- Exercise instructions
Write out all of the data again, precisely as it appears.
━━ Material for this exercise ━━
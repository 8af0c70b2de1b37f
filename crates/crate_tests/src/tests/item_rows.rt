//! Bytes and the items that they are: the letter of a type, the bytes, and the item as it is written or `!`.

use crate::tests::fields::halves;
use ftn_base::{Length, Ty};
use list_io::{ItemFault, item, line};
use std::alloc::Global;

const INTEGERS: &[u8] =
    b"i0~0;i+0~0;i-0~0;i+5~5;i-41~-41;i1000~1000;i0000000000007~7;i-0000000000007~-7;\
i2147483647~2147483647;i-2147483648~-2147483648;i~!;i+~!;i-~!;i+-5~!;i--5~!;i5-~!;i1.~!;i1_4~!;i0x10~!;\
iT~!;i1,2~!;i\xff~!;i4\xff~!;i 5~!;i5\n~!;i2147483648~!;i-2147483649~!;i99999999999999999999999999~!;\
i ~!;ia b~!;ia\tb~!;ia\r~!;i\na~!";

const OTHERS: &[u8] =
    b"lt~T;lT~T;l.t~T;l.T~T;lf~F;lF~F;l.f~F;l.F~F;l~!;l.~!;l..t~!;ltrue~!;l.true.~!;lt.~!;\
ltf~!;l1~!;lx~!;lT ~!;l\tT~!;l ~!;la b~!;la\tb~!;la\r~!;l\na~!;\
ca~a;cabcdef~abcdef;c'a'~'a';c-5~-5;c.~.;c\x00\xff!~\x00\xff!;ca,b~a,b;c~!;c ~!;ca b~!;ca\tb~!;ca\r~!;c\na~!";

/// Whether the row's bytes are read as it says.
fn holds(alloc: Global, row: &[u8]) -> Option<bool> {
    let (asked, wanted) = halves(row)?;
    let (letter, bytes) = asked.split_first()?;
    let ty = match *letter {
        b'i' => Ty::Integer,
        b'l' => Ty::Logical,
        _ => Ty::Character(Length::Fixed(2)),
    };
    match item(alloc, bytes, &ty) {
        Ok(value) => {
            let values = vec![in alloc; value].ok()?;
            Some(line(alloc, &values).ok()?.bytes().trim_ascii() == wanted)
        }
        Err(ItemFault::BadItem) => Some(wanted == b"!".as_slice()),
        Err(ItemFault::NoMemory) => None,
    }
}

#[test]
fn items_are_read_as_rows_say(rt: HostRuntime) {
    for rows in [INTEGERS, OTHERS] {
        for row in rows.split(|byte| *byte == b';') {
            assert!(rt; holds(rt.alloc(), row) == Some(true));
        }
    }
}
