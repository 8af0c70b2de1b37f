//! The order of modules.

ghost use Rattle.std.specs.Prelude.{◌≡◌, ◌<◌, true, All};
ghost use Rattle.ftn_base.specs.ModuleUses.{AreKnown};
ghost use Rattle.module_graph.specs.Uses.{used_lists};

use crate::tests::fields::{halves, numbers};
use module_graph::{GraphFault, order};
use std::alloc::Global;

fn is_below(list: &[u32], count: usize) -> bool
    ensures { result ≡ true → All (λ used. used < count) list.now }
{
    for used in list {
        if *used as usize >= count {
            return false;
        }
    }
    true
}

fn are_known(uses: &[Vec<u32>]) -> bool
    ensures { result ≡ true → AreKnown (used_lists uses.now) }
{
    for list in uses {
        if !is_below(list, uses.len()) {
            return false;
        }
    }
    true
}

/// The modules that each module uses, each list ended by a `/`, and their order after an `o`, or a ring after a `c`.
const GRAPHS: &[u8] =
    b"~o;1/2//~o2 1 0;1 2/3/3//~o3 1 2 0;1///~o1 0 2;1/2/3/1/~c1 2 3;/1/~c1;3/2/1/4/3/~c1 2";

/// Whether the row's modules are ordered as it says.
fn is_ordered(alloc: Global, row: &[u8]) -> Option<bool> {
    let (asked, wanted) = halves(row)?;
    let mut uses = Vec::new(alloc);
    for list in asked.split_inclusive(|byte| *byte == b'/') {
        uses.push(numbers(alloc, list.split_last()?.1)?).ok()?;
    }
    if uses.len() >= 4294967296 || !are_known(&uses) {
        return None;
    }
    let (letter, list) = wanted.split_first()?;
    match order(alloc, &uses) {
        Ok(found) => Some(*letter == b'o' && found == numbers(alloc, list)?),
        Err(GraphFault::Cycle(ring)) => Some(*letter == b'c' && ring == numbers(alloc, list)?),
        Err(GraphFault::NoMemory) => None,
    }
}

/// So many modules, of which each uses the next, and the last uses itself, if it is to.
fn chain(alloc: Global, count: u32, is_ring: bool) -> Option<Vec<Vec<u32>>> {
    let mut lists = Vec::new(alloc);
    for next in 1..count {
        lists.push(vec![in alloc; next].ok()?).ok()?;
    }
    let mut last = Vec::new(alloc);
    if is_ring {
        last.push(count.saturating_sub(1)).ok()?;
    }
    lists.push(last).ok()?;
    Some(lists)
}

/// The order of a chain of modules, or the ring at its end.
fn chained(alloc: Global, count: u32, is_ring: bool) -> Option<Vec<u32>> {
    let uses = chain(alloc, count, is_ring)?;
    if uses.len() >= 4294967296 || !are_known(&uses) {
        return None;
    }
    match order(alloc, &uses) {
        Ok(list) if !is_ring => Some(list),
        Err(GraphFault::Cycle(ring)) if is_ring => Some(ring),
        _ => None,
    }
}

fn orders(alloc: Global) -> Option<bool> {
    let few = chained(alloc, 3, false)?;
    let many = chained(alloc, 4096, false)?;
    let ring = chained(alloc, 4096, true)?;
    let ends = many.first().copied() == Some(4095) && many.last().copied() == Some(0);
    Some(ends && few.as_slice() == [2, 1, 0].as_slice() && ring.as_slice() == [4095].as_slice())
}

#[test]
fn modules_are_ordered(rt: HostRuntime) {
    for row in GRAPHS.split(|byte| *byte == b';') {
        assert!(rt; is_ordered(rt.alloc(), row) == Some(true));
    }
    assert!(rt; orders(rt.alloc()) == Some(true));
}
━━━
- Task response
repository 8af0c70b2de1b37f
filename crates/crate_tests/src/tests/item_rows.rt
//! Bytes and the items that they are: the letter of a type, the bytes, and the item as it is written or `!`.

use crate::tests::fields::halves;
use ftn_base::{Length, Ty};
use list_io::{ItemFault, item, line};
use std::alloc::Global;

const INTEGERS: &[u8] =
    b"i0~0;i+0~0;i-0~0;i+5~5;i-41~-41;i1000~1000;i0000000000007~7;i-0000000000007~-7;\
i2147483647~2147483647;i-2147483648~-2147483648;i~!;i+~!;i-~!;i+-5~!;i--5~!;i5-~!;i1.~!;i1_4~!;i0x10~!;\
iT~!;i1,2~!;i\xff~!;i4\xff~!;i 5~!;i5\n~!;i2147483648~!;i-2147483649~!;i99999999999999999999999999~!;\
i ~!;ia b~!;ia\tb~!;ia\r~!;i\na~!";

const OTHERS: &[u8] =
    b"lt~T;lT~T;l.t~T;l.T~T;lf~F;lF~F;l.f~F;l.F~F;l~!;l.~!;l..t~!;ltrue~!;l.true.~!;lt.~!;\
ltf~!;l1~!;lx~!;lT ~!;l\tT~!;l ~!;la b~!;la\tb~!;la\r~!;l\na~!;\
ca~a;cabcdef~abcdef;c'a'~'a';c-5~-5;c.~.;c\x00\xff!~\x00\xff!;ca,b~a,b;c~!;c ~!;ca b~!;ca\tb~!;ca\r~!;c\na~!";

/// Whether the row's bytes are read as it says.
fn holds(alloc: Global, row: &[u8]) -> Option<bool> {
    let (asked, wanted) = halves(row)?;
    let (letter, bytes) = asked.split_first()?;
    let ty = match *letter {
        b'i' => Ty::Integer,
        b'l' => Ty::Logical,
        _ => Ty::Character(Length::Fixed(2)),
    };
    match item(alloc, bytes, &ty) {
        Ok(value) => {
            let values = vec![in alloc; value].ok()?;
            Some(line(alloc, &values).ok()?.bytes().trim_ascii() == wanted)
        }
        Err(ItemFault::BadItem) => Some(wanted == b"!".as_slice()),
        Err(ItemFault::NoMemory) => None,
    }
}

#[test]
fn items_are_read_as_rows_say(rt: HostRuntime) {
    for rows in [INTEGERS, OTHERS] {
        for row in rows.split(|byte| *byte == b';') {
            assert!(rt; holds(rt.alloc(), row) == Some(true));
        }
    }
}
repository 8af0c70b2de1b37f
//! The order of modules.

ghost use Rattle.std.specs.Prelude.{◌≡◌, ◌<◌, true, All};
ghost use Rattle.ftn_base.specs.ModuleUses.{AreKnown};
ghost use Rattle.module_graph.specs.Uses.{used_lists};

use crate::tests::fields::{halves, numbers};
use module_graph::{GraphFault, order};
use std::alloc::Global;

fn is_below(list: &[u32], count: usize) -> bool
    ensures { result ≡ true → All (λ used. used < count) list.now }
{
    for used in list {
        if *used as usize >= count {
            return false;
        }
    }
    true
}

fn are_known(uses: &[Vec<u32>]) -> bool
    ensures { result ≡ true → AreKnown (used_lists uses.now) }
{
    for list in uses {
        if !is_below(list, uses.len()) {
            return false;
        }
    }
    true
}

/// The modules that each module uses, each list ended by a `/`, and their order after an `o`, or a ring after a `c`.
const GRAPHS: &[u8] =
    b"~o;1/2//~o2 1 0;1 2/3/3//~o3 1 2 0;1///~o1 0 2;1/2/3/1/~c1 2 3;/1/~c1;3/2/1/4/3/~c1 2";

/// Whether the row's modules are ordered as it says.
fn is_ordered(alloc: Global, row: &[u8]) -> Option<bool> {
    let (asked, wanted) = halves(row)?;
    let mut uses = Vec::new(alloc);
    for list in asked.split_inclusive(|byte| *byte == b'/') {
        uses.push(numbers(alloc, list.split_last()?.1)?).ok()?;
    }
    if uses.len() >= 4294967296 || !are_known(&uses) {
        return None;
    }
    let (letter, list) = wanted.split_first()?;
    match order(alloc, &uses) {
        Ok(found) => Some(*letter == b'o' && found == numbers(alloc, list)?),
        Err(GraphFault::Cycle(ring)) => Some(*letter == b'c' && ring == numbers(alloc, list)?),
        Err(GraphFault::NoMemory) => None,
    }
}

/// So many modules, of which each uses the next, and the last uses itself, if it is to.
fn chain(alloc: Global, count: u32, is_ring: bool) -> Option<Vec<Vec<u32>>> {
    let mut lists = Vec::new(alloc);
    for next in 1..count {
        lists.push(vec![in alloc; next].ok()?).ok()?;
    }
    let mut last = Vec::new(alloc);
    if is_ring {
        last.push(count.saturating_sub(1)).ok()?;
    }
    lists.push(last).ok()?;
    Some(lists)
}

/// The order of a chain of modules, or the ring at its end.
fn chained(alloc: Global, count: u32, is_ring: bool) -> Option<Vec<u32>> {
    let uses = chain(alloc, count, is_ring)?;
    if uses.len() >= 4294967296 || !are_known(&uses) {
        return None;
    }
    match order(alloc, &uses) {
        Ok(list) if !is_ring => Some(list),
        Err(GraphFault::Cycle(ring)) if is_ring => Some(ring),
        _ => None,
    }
}

fn orders(alloc: Global) -> Option<bool> {
    let few = chained(alloc, 3, false)?;
    let many = chained(alloc, 4096, false)?;
    let ring = chained(alloc, 4096, true)?;
    let ends = many.first().copied() == Some(4095) && many.last().copied() == Some(0);
    Some(ends && few.as_slice() == [2, 1, 0].as_slice() && ring.as_slice() == [4095].as_slice())
}

#[test]
fn modules_are_ordered(rt: HostRuntime) {
    for row in GRAPHS.split(|byte| *byte == b';') {
        assert!(rt; is_ordered(rt.alloc(), row) == Some(true));
    }
    assert!(rt; orders(rt.alloc()) == Some(true));
}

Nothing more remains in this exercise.